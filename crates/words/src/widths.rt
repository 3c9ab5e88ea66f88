// The conversions of a word of at most 64 bits: palettes are words of 32, states and results words of 64.
ghost use Rattle.std.specs.Prelude.{◌≡◌, ℕ, ◌<◌, ◌≤◌};
ghost use Rattle.words.specs.Sets.{In, Holds};
ghost use Rattle.std.proofs.Common.{rules};

// A word of at most 64 bits, turned into a word of 64 and back.
pub trait WordWithin64: Copy {
    // how many bits the word has
    ghost width: { ℕ };

    // the word as a number
    ghost word: { Self → ℕ };

    // The same set in a word of 64.
    fn wide(self) -> u64
        ensures same { result ≡ word self }
        ensures inside { (k : ℕ) → In k result → k < width };

    // Those numbers of a set that are below the width.
    fn narrow(set: u64) -> Self
        ensures { Holds (word result) (λ k. In k set × (k < width)) };

    // a word has at most 64 bits
    ghost few: { width ≤ 64 };
}

impl WordWithin64 for u32 {
    ghost width = { 32 };

    ghost word = { λ w. w };

    ghost few = { Prim.search rules };

    fn wide(self) -> u64 {
        u64::from(self)
    }

    fn narrow(set: u64) -> u32 {
        (set & u64::from(u32::MAX)) as u32
    }
}

impl WordWithin64 for u64 {
    ghost width = { 64 };

    ghost word = { λ w. w };

    ghost few = { Prim.search rules };

    fn wide(self) -> u64 {
        self
    }

    fn narrow(set: u64) -> u64 {
        set
    }
}
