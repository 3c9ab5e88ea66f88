// Sets in the bits of a word narrower than 64, by the operations of the word of 64.
use crate::WordSet;
use crate::widths::WordWithin64;

// A word whose sets are those of the word of 64 below its width.
pub trait NarrowWord: WordWithin64 {}

impl NarrowWord for u32 {}

impl<W: NarrowWord> WordSet for W {
    ghost width = { W.WordWithin64.width };

    ghost word = { W.WordWithin64.word };

    fn empty() -> W {
        W::narrow(u64::empty())
    }

    fn is_empty(self) -> bool {
        self.wide().is_empty()
    }

    fn contains(self, k: u32) -> bool {
        self.wide().contains(k)
    }

    fn with(self, k: u32) -> W {
        W::narrow(self.wide().with(k))
    }

    fn without(self, k: u32) -> W {
        W::narrow(self.wide().without(k))
    }

    fn union(self, other: W) -> W {
        W::narrow(self.wide().union(other.wide()))
    }

    fn intersection(self, other: W) -> W {
        W::narrow(self.wide().intersection(other.wide()))
    }

    fn count(self) -> u32 {
        self.wide().count()
    }

    fn lowest_from(self, from: u32) -> Option<u32> {
        self.wide().lowest_from(from)
    }
}
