// Sets of small numbers, kept in the bits of a word: bit k, lowest first, stands for the number k.
// A number at or above the word's width is in no set, whatever number it is.
#![tactic(auto)]

ghost use Rattle.std.specs.Prelude.{◌≡◌, ℕ, ◌<◌, ◌⊎◌, IfSome, IsTrue, ◌↔◌, ◌≢◌};
ghost use Rattle.words.specs.Sets.{In, Holds, Lowest, size};

pub mod narrow;
pub mod unions;
pub mod walk;
pub mod wide;
pub mod widths;

pub use narrow::NarrowWord;
pub use unions::union_of;
pub use walk::{Ascending, members};
pub use widths::WordWithin64;

pub trait WordSet: Copy {
    // how many bits the word has
    ghost width: { ℕ };

    // the word as a number
    ghost word: { Self → ℕ };

    // The set with nothing in it.
    fn empty() -> Self
        ensures { Holds (word result) (λ _. ⊥) };

    // Whether nothing is in the set.
    fn is_empty(self) -> bool
        ensures { IsTrue result ↔ ((k : ℕ) → ¬ In k (word self)) };

    // Whether k is in the set.
    fn contains(self, k: u32) -> bool
        ensures member { IsTrue result ↔ In k (word self) }
        ensures inside { IsTrue result → k < width };

    // The set with k in it too; a k at or above the width stays out.
    fn with(self, k: u32) -> Self
        ensures { Holds (word result) (λ j. In j (word self) ⊎ ((j ≡ k) × (k < width))) };

    // The set without k.
    fn without(self, k: u32) -> Self
        ensures { Holds (word result) (λ j. In j (word self) × (j ≢ k)) };

    // What is in one set or the other.
    fn union(self, other: Self) -> Self
        ensures { Holds (word result) (λ k. In k (word self) ⊎ In k (word other)) };

    // What is in both sets.
    fn intersection(self, other: Self) -> Self
        ensures { Holds (word result) (λ k. In k (word self) × In k (word other)) };

    // How many numbers are in the set.
    fn count(self) -> u32
        ensures { result ≡ size width (word self) };

    // The lowest number in the set at or above `from`.
    fn lowest_from(self, from: u32) -> Option<u32>
        ensures lowest { Lowest (λ k. In k (word self)) from result }
        ensures inside { IfSome result (λ k. k < width) };
}
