// Sets in the bits of a word of 64. Each operation is written once, here: those of a narrower word go through this one.
use crate::WordSet;

impl WordSet for u64 {
    ghost width = { 64 };

    ghost word = { λ w. w };

    fn empty() -> u64 {
        0
    }

    fn is_empty(self) -> bool {
        self == 0
    }

    fn contains(self, k: u32) -> bool {
        k < 64 && self >> k & 1 == 1
    }

    fn with(self, k: u32) -> u64 {
        if k < 64 { self | 1 << k } else { self }
    }

    fn without(self, k: u32) -> u64 {
        if k < 64 { self & !(1 << k) } else { self }
    }

    fn union(self, other: u64) -> u64 {
        self | other
    }

    fn intersection(self, other: u64) -> u64 {
        self & other
    }

    fn count(self) -> u32 {
        self.count_ones()
    }

    fn lowest_from(self, from: u32) -> Option<u32> {
        let above = self.checked_shr(from)?;
        if above == 0 {
            return None;
        }
        Some(from + above.trailing_zeros())
    }
}
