// The numbers of a set, one after the other.
ghost use Rattle.std.specs.Prelude.{◌≡◌};
ghost use Rattle.words.specs.Sets.{Takes};
ghost use Rattle.std.specs.Iterator.{at_most};

use crate::WordSet;

// The numbers that are still to come, lowest first.
#[derive(Drop)]
pub struct Ascending<W> {
    pub rest: W,
}

impl<W: WordSet + Drop> Iterator for Ascending<W> {
    type Item = u32;

    ghost next_gives = { λ s r t. Takes W.width (W.word s.rest) r (W.word t.rest) };

    ghost remaining = { λ s. at_most (W.word s.rest) };

    fn next(&mut self) -> Option<u32> {
        let lowest = self.rest.lowest_from(0)?;
        self.rest = self.rest.without(lowest);
        Some(lowest)
    }
}

// The set's numbers, lowest first.
pub fn members<W: WordSet>(set: W) -> Ascending<W>
    ensures { result.rest ≡ set }
{
    Ascending { rest: set }
}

BRIEF> From the data above, return every line from the line that has "type Item = u32;" up to and including the line that has "let lowest = self.rest.lowest_from(0)?;", exactly.

RESULT BELOW>
    type Item = u32;

    ghost next_gives = { λ s r t. Takes W.width (W.word s.rest) r (W.word t.rest) };

    ghost remaining = { λ s. at_most (W.word s.rest) };

    fn next(&mut self) -> Option<u32> {
        let lowest = self.rest.lowest_from(0)?;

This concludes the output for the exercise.